_EXERCISE DESCRIPTION_.
Working through the records below, count the lines that include "LineFault". The reply is that number alone.

◇ ◇ ◇ ◇ ◇

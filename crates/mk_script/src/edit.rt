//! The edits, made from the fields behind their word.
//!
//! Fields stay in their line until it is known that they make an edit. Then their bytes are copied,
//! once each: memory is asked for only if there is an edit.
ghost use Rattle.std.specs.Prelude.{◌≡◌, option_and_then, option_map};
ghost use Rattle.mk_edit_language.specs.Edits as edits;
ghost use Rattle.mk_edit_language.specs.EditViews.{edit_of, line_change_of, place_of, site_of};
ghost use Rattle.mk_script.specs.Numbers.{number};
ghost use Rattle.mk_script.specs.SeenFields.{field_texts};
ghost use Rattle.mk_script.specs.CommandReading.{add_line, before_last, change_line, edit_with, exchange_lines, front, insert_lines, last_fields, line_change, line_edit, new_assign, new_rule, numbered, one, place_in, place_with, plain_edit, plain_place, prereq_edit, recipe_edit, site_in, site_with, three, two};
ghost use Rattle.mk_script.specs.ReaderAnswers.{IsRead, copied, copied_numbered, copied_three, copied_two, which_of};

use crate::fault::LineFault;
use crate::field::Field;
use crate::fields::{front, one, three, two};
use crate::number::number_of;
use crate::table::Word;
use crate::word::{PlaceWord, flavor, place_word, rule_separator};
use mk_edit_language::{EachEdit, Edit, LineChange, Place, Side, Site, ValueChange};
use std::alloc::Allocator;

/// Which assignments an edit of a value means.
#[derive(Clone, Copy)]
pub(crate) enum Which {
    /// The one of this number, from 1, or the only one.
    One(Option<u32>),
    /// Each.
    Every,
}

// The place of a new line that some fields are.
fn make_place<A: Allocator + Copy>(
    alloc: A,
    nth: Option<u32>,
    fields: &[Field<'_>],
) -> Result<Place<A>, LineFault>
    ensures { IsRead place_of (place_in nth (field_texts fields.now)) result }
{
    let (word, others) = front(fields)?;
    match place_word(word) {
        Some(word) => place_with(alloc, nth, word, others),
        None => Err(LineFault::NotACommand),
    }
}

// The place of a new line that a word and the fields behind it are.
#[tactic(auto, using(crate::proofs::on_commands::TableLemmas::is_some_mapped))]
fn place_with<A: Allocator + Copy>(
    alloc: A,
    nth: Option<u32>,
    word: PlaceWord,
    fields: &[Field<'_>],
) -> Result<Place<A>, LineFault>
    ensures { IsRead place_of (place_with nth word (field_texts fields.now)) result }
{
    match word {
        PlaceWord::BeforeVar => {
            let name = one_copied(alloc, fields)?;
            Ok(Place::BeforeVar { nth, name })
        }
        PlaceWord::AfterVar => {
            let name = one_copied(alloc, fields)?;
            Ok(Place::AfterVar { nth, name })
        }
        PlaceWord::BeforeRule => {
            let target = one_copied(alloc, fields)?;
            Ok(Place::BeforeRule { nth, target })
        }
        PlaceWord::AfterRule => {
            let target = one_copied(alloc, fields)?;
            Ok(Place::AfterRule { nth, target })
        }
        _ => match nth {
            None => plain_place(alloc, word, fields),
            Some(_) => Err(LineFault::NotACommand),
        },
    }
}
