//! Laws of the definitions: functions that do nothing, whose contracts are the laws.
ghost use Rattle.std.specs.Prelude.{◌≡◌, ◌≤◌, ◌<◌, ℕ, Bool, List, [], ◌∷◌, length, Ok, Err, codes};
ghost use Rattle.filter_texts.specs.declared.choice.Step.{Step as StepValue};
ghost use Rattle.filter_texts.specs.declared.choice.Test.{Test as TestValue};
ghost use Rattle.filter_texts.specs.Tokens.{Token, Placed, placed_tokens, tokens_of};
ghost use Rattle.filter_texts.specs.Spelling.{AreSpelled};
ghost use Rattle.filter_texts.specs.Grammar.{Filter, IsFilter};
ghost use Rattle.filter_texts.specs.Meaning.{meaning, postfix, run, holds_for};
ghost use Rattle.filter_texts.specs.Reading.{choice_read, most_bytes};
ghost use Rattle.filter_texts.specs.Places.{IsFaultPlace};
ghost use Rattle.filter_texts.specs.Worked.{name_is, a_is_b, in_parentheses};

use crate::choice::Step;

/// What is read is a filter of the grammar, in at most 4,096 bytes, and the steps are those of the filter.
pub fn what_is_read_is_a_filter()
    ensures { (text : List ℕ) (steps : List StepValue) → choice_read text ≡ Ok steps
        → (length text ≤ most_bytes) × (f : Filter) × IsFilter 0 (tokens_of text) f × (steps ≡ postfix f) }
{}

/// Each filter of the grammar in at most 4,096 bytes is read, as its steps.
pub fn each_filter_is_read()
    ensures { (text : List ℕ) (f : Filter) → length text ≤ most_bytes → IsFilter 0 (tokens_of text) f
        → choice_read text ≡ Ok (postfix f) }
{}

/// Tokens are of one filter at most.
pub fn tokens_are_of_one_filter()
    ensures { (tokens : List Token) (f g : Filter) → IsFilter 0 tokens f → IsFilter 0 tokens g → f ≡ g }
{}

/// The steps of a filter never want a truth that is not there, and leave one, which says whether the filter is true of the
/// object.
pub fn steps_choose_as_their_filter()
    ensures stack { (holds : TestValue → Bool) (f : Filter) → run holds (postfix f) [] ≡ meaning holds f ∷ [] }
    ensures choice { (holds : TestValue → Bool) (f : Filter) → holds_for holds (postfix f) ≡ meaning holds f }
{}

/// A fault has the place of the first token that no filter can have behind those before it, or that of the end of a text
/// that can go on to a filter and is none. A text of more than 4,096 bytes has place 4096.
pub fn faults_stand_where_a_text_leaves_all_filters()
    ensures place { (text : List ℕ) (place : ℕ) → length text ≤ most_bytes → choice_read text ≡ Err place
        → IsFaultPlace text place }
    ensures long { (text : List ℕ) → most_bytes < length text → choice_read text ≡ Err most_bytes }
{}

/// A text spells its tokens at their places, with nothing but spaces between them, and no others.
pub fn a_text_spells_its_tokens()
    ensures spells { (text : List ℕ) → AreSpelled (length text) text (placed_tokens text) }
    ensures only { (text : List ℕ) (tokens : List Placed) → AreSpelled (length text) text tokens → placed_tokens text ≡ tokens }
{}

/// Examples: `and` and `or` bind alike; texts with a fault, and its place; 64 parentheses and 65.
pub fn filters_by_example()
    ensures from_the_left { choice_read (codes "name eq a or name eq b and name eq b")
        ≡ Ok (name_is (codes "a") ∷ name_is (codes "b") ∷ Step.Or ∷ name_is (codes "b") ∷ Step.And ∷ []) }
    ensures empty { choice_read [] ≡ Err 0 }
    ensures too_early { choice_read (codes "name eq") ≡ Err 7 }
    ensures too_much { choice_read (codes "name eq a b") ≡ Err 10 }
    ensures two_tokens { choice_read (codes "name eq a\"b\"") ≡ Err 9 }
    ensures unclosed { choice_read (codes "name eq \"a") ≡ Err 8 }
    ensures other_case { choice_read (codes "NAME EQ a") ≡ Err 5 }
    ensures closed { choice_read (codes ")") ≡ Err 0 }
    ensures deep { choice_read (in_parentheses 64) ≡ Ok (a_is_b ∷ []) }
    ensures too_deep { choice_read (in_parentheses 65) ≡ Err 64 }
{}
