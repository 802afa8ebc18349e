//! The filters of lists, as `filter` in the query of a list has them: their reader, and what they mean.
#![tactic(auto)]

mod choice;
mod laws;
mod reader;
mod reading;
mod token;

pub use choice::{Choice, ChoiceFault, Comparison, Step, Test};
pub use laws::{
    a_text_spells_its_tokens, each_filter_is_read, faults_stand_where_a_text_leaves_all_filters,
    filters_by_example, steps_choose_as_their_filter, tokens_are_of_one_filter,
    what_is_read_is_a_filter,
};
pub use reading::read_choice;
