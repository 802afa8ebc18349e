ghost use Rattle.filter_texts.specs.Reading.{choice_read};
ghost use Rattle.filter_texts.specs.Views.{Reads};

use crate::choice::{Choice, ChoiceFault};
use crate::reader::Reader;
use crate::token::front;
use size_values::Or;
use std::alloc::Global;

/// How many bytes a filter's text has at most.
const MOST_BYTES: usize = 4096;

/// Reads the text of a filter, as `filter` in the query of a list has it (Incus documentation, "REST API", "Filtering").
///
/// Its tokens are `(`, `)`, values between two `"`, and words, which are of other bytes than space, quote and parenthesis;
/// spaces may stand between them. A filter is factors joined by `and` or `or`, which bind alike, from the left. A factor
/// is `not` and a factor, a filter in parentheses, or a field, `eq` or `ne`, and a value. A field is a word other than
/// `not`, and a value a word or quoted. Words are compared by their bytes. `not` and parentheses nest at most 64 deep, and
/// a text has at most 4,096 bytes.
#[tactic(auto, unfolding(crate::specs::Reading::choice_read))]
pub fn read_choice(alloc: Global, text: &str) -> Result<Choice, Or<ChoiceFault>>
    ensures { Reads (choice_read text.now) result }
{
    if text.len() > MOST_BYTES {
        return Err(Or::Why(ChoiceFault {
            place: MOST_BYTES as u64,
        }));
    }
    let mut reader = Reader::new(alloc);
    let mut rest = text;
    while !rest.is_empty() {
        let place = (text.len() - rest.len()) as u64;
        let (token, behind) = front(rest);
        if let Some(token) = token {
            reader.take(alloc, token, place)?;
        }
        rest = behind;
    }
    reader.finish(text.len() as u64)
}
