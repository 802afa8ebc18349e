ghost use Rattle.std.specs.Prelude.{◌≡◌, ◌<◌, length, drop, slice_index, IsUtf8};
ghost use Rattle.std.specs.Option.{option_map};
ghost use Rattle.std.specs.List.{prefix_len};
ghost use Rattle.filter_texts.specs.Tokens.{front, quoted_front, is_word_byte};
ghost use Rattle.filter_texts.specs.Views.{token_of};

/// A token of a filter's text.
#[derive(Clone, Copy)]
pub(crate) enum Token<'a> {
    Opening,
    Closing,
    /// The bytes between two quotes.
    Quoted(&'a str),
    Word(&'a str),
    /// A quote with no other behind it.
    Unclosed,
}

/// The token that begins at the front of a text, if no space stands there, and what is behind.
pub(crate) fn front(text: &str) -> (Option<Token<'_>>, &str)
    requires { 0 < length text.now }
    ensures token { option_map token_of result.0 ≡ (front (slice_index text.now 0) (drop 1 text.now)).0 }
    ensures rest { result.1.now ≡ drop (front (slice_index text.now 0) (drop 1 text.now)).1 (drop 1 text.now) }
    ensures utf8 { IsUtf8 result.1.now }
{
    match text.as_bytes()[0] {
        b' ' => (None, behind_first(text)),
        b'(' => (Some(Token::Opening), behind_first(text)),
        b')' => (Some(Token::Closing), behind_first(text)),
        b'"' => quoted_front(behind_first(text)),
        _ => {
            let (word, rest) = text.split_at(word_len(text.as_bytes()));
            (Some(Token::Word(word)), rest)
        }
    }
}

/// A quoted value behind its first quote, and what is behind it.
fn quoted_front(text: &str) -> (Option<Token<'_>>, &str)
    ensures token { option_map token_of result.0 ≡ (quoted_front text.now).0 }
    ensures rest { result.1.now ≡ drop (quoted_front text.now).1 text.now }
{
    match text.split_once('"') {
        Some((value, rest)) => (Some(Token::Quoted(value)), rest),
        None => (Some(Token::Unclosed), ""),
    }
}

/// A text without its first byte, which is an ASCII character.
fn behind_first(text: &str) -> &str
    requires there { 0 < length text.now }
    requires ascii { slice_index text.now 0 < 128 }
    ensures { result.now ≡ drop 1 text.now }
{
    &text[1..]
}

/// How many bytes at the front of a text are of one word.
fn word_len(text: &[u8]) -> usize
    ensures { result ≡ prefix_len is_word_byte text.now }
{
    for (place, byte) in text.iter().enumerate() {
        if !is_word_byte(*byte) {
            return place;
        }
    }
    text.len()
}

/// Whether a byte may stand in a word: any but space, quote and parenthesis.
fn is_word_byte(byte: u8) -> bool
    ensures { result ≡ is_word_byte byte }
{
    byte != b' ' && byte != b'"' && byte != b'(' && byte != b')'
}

◇ ◇ ◇ ◇ ◇

_EXPECTED OUTPUT_.
5